What you should do ::
Wherever a line in the data below holds "CompletionWords", copy that line.
= Beginning of Section =
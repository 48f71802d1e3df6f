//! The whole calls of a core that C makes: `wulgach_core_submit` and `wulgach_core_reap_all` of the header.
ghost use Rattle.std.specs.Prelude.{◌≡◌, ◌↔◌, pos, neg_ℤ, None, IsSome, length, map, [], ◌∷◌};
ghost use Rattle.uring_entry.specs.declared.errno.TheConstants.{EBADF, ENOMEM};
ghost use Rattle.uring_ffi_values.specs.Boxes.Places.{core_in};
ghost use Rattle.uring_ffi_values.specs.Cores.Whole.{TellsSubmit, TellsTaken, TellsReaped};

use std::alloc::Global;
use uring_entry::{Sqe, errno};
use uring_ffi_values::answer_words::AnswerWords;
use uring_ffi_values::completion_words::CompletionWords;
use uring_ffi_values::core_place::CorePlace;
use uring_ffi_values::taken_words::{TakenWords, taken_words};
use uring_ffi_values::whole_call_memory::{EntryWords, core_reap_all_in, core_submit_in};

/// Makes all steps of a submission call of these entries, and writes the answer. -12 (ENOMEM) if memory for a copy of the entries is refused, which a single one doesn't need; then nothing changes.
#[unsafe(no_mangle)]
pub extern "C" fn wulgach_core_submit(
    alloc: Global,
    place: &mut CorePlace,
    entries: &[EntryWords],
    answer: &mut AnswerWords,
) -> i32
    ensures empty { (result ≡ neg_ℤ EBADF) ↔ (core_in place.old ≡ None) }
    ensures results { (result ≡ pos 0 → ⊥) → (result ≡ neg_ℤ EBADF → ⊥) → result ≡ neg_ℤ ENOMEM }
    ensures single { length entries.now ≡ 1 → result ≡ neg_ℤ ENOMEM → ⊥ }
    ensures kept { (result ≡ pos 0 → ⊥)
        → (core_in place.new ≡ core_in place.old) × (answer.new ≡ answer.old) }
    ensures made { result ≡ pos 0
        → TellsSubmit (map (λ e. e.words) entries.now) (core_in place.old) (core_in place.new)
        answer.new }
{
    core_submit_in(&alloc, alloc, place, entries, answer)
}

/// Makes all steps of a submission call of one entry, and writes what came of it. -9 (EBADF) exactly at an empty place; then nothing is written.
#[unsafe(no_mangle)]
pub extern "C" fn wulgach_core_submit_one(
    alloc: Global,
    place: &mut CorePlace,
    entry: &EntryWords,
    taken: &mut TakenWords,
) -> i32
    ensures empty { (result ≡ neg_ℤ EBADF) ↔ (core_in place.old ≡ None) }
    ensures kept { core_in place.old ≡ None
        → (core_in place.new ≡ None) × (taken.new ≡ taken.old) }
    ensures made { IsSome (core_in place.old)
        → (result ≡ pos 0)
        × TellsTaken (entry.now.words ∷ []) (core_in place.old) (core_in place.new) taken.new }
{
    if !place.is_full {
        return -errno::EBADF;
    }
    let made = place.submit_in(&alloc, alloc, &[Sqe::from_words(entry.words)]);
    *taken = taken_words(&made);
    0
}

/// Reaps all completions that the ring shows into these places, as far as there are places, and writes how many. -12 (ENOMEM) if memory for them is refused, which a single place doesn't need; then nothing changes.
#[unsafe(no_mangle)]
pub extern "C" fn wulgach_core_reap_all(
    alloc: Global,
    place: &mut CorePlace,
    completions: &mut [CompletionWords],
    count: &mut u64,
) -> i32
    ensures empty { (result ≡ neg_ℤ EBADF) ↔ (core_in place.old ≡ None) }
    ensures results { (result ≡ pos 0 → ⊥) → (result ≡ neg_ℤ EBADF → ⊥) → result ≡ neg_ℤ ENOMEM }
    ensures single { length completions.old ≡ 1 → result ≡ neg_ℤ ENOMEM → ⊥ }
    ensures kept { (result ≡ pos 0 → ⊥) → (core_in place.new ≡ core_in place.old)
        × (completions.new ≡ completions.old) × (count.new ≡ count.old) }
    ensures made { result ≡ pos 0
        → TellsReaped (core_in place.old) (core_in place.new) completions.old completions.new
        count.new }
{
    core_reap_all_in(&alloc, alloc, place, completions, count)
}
= End of Section =
= Beginning of Section =
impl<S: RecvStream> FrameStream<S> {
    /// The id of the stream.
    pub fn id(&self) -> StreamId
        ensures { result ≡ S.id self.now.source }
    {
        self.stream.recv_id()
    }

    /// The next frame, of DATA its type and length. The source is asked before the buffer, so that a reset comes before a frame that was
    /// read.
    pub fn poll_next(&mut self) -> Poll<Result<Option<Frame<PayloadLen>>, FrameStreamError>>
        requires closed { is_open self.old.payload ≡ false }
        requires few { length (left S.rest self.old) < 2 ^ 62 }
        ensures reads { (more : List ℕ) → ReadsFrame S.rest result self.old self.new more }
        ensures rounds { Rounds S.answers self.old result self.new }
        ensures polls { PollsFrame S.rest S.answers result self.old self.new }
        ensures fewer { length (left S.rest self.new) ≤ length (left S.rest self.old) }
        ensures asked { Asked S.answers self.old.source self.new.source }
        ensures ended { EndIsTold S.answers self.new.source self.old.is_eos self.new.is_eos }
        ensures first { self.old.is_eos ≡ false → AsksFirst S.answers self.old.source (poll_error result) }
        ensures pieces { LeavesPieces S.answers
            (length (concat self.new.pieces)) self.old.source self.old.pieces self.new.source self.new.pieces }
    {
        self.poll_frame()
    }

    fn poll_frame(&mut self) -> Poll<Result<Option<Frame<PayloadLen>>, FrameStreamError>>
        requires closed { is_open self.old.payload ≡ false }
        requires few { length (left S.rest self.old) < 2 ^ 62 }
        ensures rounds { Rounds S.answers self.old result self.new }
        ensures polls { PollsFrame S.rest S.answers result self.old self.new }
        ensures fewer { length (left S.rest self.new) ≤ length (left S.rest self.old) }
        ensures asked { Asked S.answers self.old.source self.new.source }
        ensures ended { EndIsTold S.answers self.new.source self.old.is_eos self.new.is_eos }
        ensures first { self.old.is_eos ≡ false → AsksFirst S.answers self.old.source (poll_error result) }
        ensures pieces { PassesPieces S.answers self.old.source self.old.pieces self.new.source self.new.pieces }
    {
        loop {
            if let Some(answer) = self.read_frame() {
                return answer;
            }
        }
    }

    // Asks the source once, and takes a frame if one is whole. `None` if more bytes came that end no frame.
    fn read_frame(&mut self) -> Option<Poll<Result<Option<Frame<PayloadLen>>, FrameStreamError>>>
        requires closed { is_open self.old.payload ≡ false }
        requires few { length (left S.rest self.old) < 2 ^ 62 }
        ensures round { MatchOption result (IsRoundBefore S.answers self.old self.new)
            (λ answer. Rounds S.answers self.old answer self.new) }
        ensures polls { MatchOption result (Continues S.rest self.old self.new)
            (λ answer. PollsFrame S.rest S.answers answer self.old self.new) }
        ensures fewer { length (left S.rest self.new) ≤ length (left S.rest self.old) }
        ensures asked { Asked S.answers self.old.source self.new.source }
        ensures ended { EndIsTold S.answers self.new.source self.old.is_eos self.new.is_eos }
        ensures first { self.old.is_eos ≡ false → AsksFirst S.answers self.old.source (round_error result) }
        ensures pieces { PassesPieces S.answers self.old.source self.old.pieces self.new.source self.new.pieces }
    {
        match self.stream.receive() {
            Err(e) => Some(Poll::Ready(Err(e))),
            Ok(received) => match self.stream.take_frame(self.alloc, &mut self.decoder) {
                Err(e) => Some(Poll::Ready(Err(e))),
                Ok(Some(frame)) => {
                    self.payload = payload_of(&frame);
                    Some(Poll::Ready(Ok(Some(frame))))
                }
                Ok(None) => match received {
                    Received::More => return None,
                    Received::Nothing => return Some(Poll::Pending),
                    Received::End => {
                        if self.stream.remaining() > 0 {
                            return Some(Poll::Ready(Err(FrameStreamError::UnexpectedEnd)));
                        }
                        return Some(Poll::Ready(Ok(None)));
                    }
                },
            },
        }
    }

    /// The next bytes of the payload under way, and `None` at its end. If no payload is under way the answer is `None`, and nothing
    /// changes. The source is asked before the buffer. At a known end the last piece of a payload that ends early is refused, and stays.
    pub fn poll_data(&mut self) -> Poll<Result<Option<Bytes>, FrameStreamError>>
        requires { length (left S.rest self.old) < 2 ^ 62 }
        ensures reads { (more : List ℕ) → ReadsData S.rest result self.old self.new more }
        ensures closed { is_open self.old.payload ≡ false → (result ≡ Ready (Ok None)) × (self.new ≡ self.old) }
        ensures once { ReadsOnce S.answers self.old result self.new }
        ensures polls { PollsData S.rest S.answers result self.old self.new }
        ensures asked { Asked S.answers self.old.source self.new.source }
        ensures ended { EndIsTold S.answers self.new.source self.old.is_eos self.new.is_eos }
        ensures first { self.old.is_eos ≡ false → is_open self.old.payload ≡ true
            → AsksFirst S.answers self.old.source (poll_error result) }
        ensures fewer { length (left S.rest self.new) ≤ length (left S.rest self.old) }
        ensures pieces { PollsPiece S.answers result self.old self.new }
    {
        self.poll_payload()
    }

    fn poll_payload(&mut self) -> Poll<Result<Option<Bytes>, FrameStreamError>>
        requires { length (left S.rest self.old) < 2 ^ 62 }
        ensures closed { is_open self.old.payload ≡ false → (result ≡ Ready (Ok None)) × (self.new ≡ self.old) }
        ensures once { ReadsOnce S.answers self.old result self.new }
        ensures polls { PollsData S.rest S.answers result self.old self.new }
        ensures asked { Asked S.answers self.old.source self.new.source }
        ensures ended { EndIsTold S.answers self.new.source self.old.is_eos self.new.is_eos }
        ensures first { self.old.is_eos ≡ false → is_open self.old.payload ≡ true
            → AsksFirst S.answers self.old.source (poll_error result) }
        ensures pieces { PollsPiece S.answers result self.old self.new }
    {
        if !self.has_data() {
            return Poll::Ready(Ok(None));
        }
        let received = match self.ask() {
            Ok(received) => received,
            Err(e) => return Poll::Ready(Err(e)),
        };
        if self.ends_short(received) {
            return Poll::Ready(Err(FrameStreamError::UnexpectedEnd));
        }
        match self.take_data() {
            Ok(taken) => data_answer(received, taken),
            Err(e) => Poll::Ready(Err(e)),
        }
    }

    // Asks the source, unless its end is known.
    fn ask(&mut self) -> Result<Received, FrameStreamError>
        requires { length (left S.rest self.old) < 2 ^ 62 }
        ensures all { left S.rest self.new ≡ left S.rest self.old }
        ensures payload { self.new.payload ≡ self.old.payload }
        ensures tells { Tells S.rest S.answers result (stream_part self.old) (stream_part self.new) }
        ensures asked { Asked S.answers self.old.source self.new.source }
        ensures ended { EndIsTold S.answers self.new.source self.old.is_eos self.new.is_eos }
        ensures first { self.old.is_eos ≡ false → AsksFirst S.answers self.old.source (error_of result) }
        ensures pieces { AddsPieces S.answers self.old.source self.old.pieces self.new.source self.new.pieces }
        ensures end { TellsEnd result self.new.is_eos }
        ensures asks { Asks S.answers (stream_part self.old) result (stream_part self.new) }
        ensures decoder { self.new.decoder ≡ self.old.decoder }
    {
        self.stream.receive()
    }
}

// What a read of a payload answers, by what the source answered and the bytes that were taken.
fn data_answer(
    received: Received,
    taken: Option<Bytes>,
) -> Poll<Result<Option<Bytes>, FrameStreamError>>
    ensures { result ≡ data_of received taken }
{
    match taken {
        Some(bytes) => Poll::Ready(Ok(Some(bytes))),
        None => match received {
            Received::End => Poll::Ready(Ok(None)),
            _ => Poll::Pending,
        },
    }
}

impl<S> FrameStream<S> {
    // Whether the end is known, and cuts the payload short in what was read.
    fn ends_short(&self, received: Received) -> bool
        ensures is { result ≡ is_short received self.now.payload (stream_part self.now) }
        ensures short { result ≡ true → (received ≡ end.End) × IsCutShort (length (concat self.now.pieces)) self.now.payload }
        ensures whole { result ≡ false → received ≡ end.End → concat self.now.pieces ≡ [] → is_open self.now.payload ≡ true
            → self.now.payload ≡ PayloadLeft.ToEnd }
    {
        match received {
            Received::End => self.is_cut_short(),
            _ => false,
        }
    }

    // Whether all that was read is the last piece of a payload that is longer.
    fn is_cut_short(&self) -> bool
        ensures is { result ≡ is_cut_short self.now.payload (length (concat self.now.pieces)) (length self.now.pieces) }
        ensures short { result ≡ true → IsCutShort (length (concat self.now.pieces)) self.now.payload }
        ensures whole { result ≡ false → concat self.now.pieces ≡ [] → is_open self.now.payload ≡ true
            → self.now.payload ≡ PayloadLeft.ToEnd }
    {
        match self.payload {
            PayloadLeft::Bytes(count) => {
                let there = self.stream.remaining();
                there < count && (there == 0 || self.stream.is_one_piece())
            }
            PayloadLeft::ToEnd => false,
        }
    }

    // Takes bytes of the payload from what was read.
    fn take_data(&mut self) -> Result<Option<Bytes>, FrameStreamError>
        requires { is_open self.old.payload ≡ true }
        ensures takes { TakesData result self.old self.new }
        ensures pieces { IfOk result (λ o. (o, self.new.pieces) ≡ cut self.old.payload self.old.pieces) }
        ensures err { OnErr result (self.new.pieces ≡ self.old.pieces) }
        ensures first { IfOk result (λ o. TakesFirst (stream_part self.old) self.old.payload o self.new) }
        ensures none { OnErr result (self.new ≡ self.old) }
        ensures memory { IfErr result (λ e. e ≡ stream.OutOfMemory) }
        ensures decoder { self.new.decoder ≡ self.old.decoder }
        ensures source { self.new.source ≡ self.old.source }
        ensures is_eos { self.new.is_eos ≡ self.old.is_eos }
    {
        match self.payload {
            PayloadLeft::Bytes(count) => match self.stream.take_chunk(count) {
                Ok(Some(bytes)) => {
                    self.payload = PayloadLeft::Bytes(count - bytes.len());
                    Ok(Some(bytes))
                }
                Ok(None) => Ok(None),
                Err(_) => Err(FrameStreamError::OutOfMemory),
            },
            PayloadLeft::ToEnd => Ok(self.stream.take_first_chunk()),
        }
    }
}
= End of Section =
= Beginning of Section =
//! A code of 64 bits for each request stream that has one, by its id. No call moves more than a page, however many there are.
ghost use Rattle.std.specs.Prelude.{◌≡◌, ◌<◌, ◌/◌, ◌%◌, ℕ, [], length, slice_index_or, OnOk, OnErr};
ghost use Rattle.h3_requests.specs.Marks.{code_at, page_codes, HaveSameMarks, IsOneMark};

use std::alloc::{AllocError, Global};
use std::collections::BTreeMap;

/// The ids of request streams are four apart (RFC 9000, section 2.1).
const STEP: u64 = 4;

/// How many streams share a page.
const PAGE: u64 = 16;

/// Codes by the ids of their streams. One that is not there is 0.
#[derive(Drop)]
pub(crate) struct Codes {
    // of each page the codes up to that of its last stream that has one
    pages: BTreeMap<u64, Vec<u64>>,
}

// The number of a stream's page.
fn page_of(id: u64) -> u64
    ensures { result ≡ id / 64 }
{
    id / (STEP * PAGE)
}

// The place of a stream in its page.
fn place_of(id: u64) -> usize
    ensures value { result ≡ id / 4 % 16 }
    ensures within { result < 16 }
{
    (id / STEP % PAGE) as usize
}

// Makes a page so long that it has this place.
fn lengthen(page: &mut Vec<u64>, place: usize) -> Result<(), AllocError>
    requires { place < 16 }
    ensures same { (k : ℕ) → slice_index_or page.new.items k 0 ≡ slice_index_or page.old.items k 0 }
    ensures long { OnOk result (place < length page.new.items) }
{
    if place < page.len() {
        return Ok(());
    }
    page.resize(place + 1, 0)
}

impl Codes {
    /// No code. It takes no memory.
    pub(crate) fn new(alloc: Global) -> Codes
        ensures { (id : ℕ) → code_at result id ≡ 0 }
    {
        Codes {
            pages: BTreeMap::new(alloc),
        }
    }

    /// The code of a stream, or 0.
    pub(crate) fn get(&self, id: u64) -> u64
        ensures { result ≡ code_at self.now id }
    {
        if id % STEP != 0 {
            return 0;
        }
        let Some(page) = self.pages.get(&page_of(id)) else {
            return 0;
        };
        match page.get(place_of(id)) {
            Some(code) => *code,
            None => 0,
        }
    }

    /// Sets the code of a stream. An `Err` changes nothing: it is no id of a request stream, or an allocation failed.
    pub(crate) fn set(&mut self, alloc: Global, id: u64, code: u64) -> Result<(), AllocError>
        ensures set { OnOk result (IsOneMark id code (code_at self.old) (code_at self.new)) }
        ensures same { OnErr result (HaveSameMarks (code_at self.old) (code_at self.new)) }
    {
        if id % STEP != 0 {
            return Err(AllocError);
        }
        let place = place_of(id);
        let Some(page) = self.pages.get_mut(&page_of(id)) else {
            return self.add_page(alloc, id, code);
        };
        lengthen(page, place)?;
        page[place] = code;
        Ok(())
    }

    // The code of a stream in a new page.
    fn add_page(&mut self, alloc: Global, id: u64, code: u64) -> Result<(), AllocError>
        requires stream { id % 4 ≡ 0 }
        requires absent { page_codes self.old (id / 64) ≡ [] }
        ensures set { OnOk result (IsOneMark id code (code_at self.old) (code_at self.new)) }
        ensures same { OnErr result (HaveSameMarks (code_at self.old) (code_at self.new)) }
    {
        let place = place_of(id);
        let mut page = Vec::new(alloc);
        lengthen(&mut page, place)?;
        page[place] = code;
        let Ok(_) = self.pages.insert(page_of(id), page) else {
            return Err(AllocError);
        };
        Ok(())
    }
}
= End of Section =
Output for this exercise ::
use uring_ffi_values::completion_words::CompletionWords;
    completions: &mut [CompletionWords],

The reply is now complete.